-------- Dataset
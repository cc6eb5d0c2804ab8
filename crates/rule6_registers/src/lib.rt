// Whether the parameters of a signature are the first registers, compared canonically.
#![tactic(auto)]

ghost use Rattle.std.specs.Prelude.{◌≡◌, []};
ghost use Rattle.reader.specs.Reader.{list_of};
ghost use Rattle.reader.specs.Value.{Whole, value_of};
ghost use Rattle.sheet.specs.Module.{dyn};
ghost use Rattle.sheet.specs.Decode.{value_type};
ghost use Rattle.canon.specs.Canon.{canon_word};
ghost use Rattle.types.specs.Types.{value_faults};
ghost use Rattle.funcs.specs.Funcs.{params_first};
ghost use Rattle.open_sheet.specs.Ready.{Ready, sheet_words, module_of};
ghost use Rattle.law_judging.specs.Judging.{list_faults};

use blocks::word;
use error::TypeId;
use open_sheet::{Opened, canon_type};

// The canonical word of the value type at a position.
pub fn canon_at(sheet: &[u8], work: &[u32], o: Opened, at: usize) -> u32
    requires ready { Ready (sheet_words sheet.now o) work.now o }
    requires whole { Whole (value_type (sheet_words sheet.now o) at) }
    requires at_value { value_faults (module_of sheet.now o) (value_of dyn (value_type (sheet_words sheet.now o) at)) ≡ [] }
    ensures { result ≡ canon_word (module_of sheet.now o).types (value_of dyn (value_type (sheet_words sheet.now o) at)) }
{
    let w = word(sheet, at);
    if w < 16 {
        return w;
    }
    let t = TypeId(w - 16);
    let c = canon_type(work, o, t);
    16 + c.0
}

// The parameters are the first registers; each value type is a word.
pub fn params_first(sheet: &[u8], work: &[u32], o: Opened, params_at: usize, regs_at: usize) -> bool
    requires ready { Ready (sheet_words sheet.now o) work.now o }
    requires whole { Whole (list_of value_type (sheet_words sheet.now o) params_at) }
    requires whole_2 { Whole (list_of value_type (sheet_words sheet.now o) regs_at) }
    requires params_at_value { list_faults (value_faults (module_of sheet.now o)) (list_of value_type (sheet_words sheet.now o) params_at) ≡ [] }
    requires regs_at_value { list_faults (value_faults (module_of sheet.now o)) (list_of value_type (sheet_words sheet.now o) regs_at) ≡ [] }
    ensures { result ≡ params_first (module_of sheet.now o) (value_of [] (list_of value_type (sheet_words sheet.now o) params_at)) (value_of [] (list_of value_type (sheet_words sheet.now o) regs_at)) }
{
    let params = word(sheet, params_at) as usize;
    let regs = word(sheet, regs_at) as usize;
    if regs < params {
        return false;
    }
    for i in 0..params {
        let p = canon_at(sheet, work, o, params_at + 1 + i);
        let r = canon_at(sheet, work, o, regs_at + 1 + i);
        if p != r {
            return false;
        }
    }
    true
}
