// Rule 7 for one instruction: its fields, then its own rule.
#![tactic(auto)]

ghost use Rattle.std.specs.Prelude.{◌≡◌, ◌++◌, ◌≤◌};
ghost use Rattle.error.specs.Verdict.{verdict_of};
ghost use Rattle.reader.specs.Value.{Whole, value_of};
ghost use Rattle.sheet.specs.Module.{opcode};
ghost use Rattle.sheet.specs.Decode.{inst_of};
ghost use Rattle.open_sheet.specs.Ready.{Ready, sheet_words, module_of};
ghost use Rattle.code.specs.Opcodes.{row};
ghost use Rattle.code.specs.Code.{fields_faults, rule_faults, unreachable};
ghost use Rattle.rule7_words.specs.Insts.{inst};
ghost use Rattle.rule7_opcodes.specs.Rules.{rule_of};
ghost use Rattle.rule7_arguments.specs.Arguments.{Tallied};
ghost use Rattle.rule_frames.specs.Frames.{func_of, Framed, Shaped};
ghost use Rattle.rule7_callees.specs.Callees.{Checkable};
ghost use Rattle.rule7_inst.specs.Counted.{Reached, rule_in};

use blocks::word;
use error::{FuncId, LoadErrorKind, TypeKind};
use open_sheet::Opened;
use rule_frames::Frame;
use rule7_callees::kinds::check_kind;
use rule7_callees::{capture_count, check_direct, check_import, shape_length};
use rule7_fields::{check_fields, fields_hold};
use rule7_numbers::{
    check_dyn, check_promote, check_raise, check_ref, check_wide, check_window, outside_try,
};
use rule7_opcodes::{Rule, rule_of};
use rule7_words::{Inst, opcode, read_inst, slot_a, slot_b, slot_c, slot_d, slot_w};

// An instruction's own rule, its fields in range.
fn check_rule(
    sheet: &[u8],
    work: &[u32],
    o: Opened,
    c: Frame,
    i: Inst,
    rule: Rule,
    covered: bool,
) -> Result<(), LoadErrorKind>
    requires checkable { Checkable (sheet_words sheet.now o) work.now o c }
    requires reached { Reached o c (inst i) (rule_of rule) }
    ensures { result ≡ verdict_of (rule_in (sheet_words sheet.now o) c covered i rule) }
{
    let a = slot_a(i);
    let b = slot_b(i);
    let d = slot_d(i);
    let w = slot_w(i);
    match rule {
        Rule::Free => Ok(()),
        Rule::NoPromote => check_promote(d),
        Rule::PromoteToDyn => check_dyn(word(sheet, c.body.regs + 1 + a as usize) == 12, d),
        Rule::TailCall => outside_try(check_direct(sheet, work, o, c, FuncId(w), a, d), covered),
        Rule::TailCallIndirect => outside_try(check_window(c, a, d), covered),
        Rule::Call => check_direct(sheet, work, o, c, FuncId(w), a + 1, d),
        Rule::CallIndirect => check_window(c, a + 1, d),
        Rule::CallImport => check_import(sheet, work, o, c, w, a + 1, d),
        Rule::CallShape => check_window(c, a + 1, shape_length(work, o, b)),
        Rule::MakeClosure => check_window(c, a + 1, capture_count(work, o, FuncId(w))),
        Rule::Concatenate => check_window(c, b, d),
        Rule::Slice => check_window(c, slot_c(i), 2),
        Rule::NotToRef => check_ref(d),
        Rule::Catchable => check_raise(d),
        Rule::WideBits => check_wide(d),
        Rule::NewStruct => check_kind(sheet, work, o, c, b, TypeKind::Struct),
        Rule::NewArray => check_kind(sheet, work, o, c, b, TypeKind::Array),
        Rule::NewMap => check_kind(sheet, work, o, c, b, TypeKind::Map),
        Rule::NewCell => check_kind(sheet, work, o, c, b, TypeKind::Cell),
    }
}

// The instruction at a position of the frame's function; covered: a handler covers it.
pub fn check_inst(
    sheet: &[u8],
    work: &[u32],
    o: Opened,
    c: Frame,
    at: usize,
    covered: bool,
) -> Result<(), LoadErrorKind>
    requires ready { Ready (sheet_words sheet.now o) work.now o }
    requires framed { Framed (sheet_words sheet.now o) c }
    requires tallied { Tallied (sheet_words sheet.now o) work.now o }
    requires shaped { Shaped (sheet_words sheet.now o) work.now o c }
    requires words_bound { o.layout.words ≤ 520192 }
    requires whole { Whole (inst_of (sheet_words sheet.now o) at) }
    ensures { result ≡ verdict_of (fields_faults (module_of sheet.now o) (func_of (sheet_words sheet.now o) c) (row (opcode (value_of unreachable (inst_of (sheet_words sheet.now o) at)))) (value_of unreachable (inst_of (sheet_words sheet.now o) at)) ++ rule_faults (module_of sheet.now o) (func_of (sheet_words sheet.now o) c) covered (value_of unreachable (inst_of (sheet_words sheet.now o) at)) (row (opcode (value_of unreachable (inst_of (sheet_words sheet.now o) at)))).rule) }
{
    let i = read_inst(sheet, o.layout.words, at);
    if fields_hold(o, c, i) {
        let rule = rule_of(opcode(i));
        return check_rule(sheet, work, o, c, i, rule, covered);
    }
    check_fields(o, c, i)
}
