// The statements of a block in order, by a form of its lines.
ghost use Rattle.std.specs.Prelude.{◌≡◌, ℕ, List, Option, Result};
ghost use Rattle.std.specs.Borrow.{Bor};
ghost use Rattle.py_expr_shape.specs.Reads.{Gives as GivesForm};
ghost use Rattle.py_language.specs.declared.token.Logical.{Logical as LogicalValue};
ghost use Rattle.py_syntax.specs.Gives.{Gives};
ghost use Rattle.py_syntax.specs.declared.refusal.Refusal.{Refusal as RefusalValue};
ghost use Rattle.py_grammar.specs.Blocks as spec;
ghost use Rattle.py_parser.specs.declared.lines.Group.{Group as GroupValue};
ghost use Rattle.suite_grammar.specs.Files.{lines_by};
ghost use Rattle.suite_parser.specs.Reads.{Answers, Forms, form_or_refusal};

use py_language::Logical;
use py_line::ExprFault;
use py_parser::{Group, Scope, behind, misplaced, next_group};
use py_syntax::Refusal;
use sqlite_items::Items;

/// The form of a line, as it was read, or the refusal of the line.
fn form_or_refusal<F: Drop>(
    scope: Scope,
    line: &Logical,
    read: Result<F, ExprFault>,
) -> Result<F, Refusal>
    ensures { (found : Option F) → GivesForm read found → Gives result (form_or_refusal scope.place scope.room line.now found) }
{
    match read {
        Ok(form) => Ok(form),
        Err(ExprFault::Refused) => Err(scope.refusal(line)),
        Err(ExprFault::Memory) => Err(Refusal::Memory),
    }
}

/// What the statements of a block with this column give, in order, up to the first fault.
pub fn in_order<
    T: Drop,
    F: Drop,
    R: Fn(&Logical) -> Result<F, ExprFault>,
    G: Fn(Option<Refusal>, Group<'_>, F) -> Result<Items<T>, Refusal>,
>(
    scope: Scope,
    column: u32,
    end: Option<Refusal>,
    lines: &[Logical],
    read: R,
    statement: G,
) -> Result<Items<T>, Refusal>
    requires reads { (line : Bor LogicalValue) → R.pre read line }
    requires makes { (end : Option RefusalValue) (group : GroupValue) (form : F) → G.pre statement end group form }
    ensures { (form : LogicalValue → Option F) (f : Option RefusalValue → spec.Group → F → Result (List T) RefusalValue) → Forms form (R.post read) → Answers f (G.post statement)
        → Gives result (lines_by scope.place scope.room form f column end lines.now) }
{
    let mut all = Items::new(scope.alloc);
    let mut rest = lines;
    while let Some((group, others)) = next_group(column, rest) {
        let line = group.first.line;
        if line.column != column {
            return Err(misplaced(line));
        }
        let form = form_or_refusal(scope, line, read(line))?;
        all.append(statement(behind(others, end), group, form)?)?;
        rest = others;
    }
    Ok(all)
}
----------------
Aim of the exercise> Of the lines in the data, report each one containing the string "TypeKind".

Result>
use error::{FuncId, LoadErrorKind, TypeKind};
        Rule::NewStruct => check_kind(sheet, work, o, c, b, TypeKind::Struct),
        Rule::NewArray => check_kind(sheet, work, o, c, b, TypeKind::Array),
        Rule::NewMap => check_kind(sheet, work, o, c, b, TypeKind::Map),
        Rule::NewCell => check_kind(sheet, work, o, c, b, TypeKind::Cell),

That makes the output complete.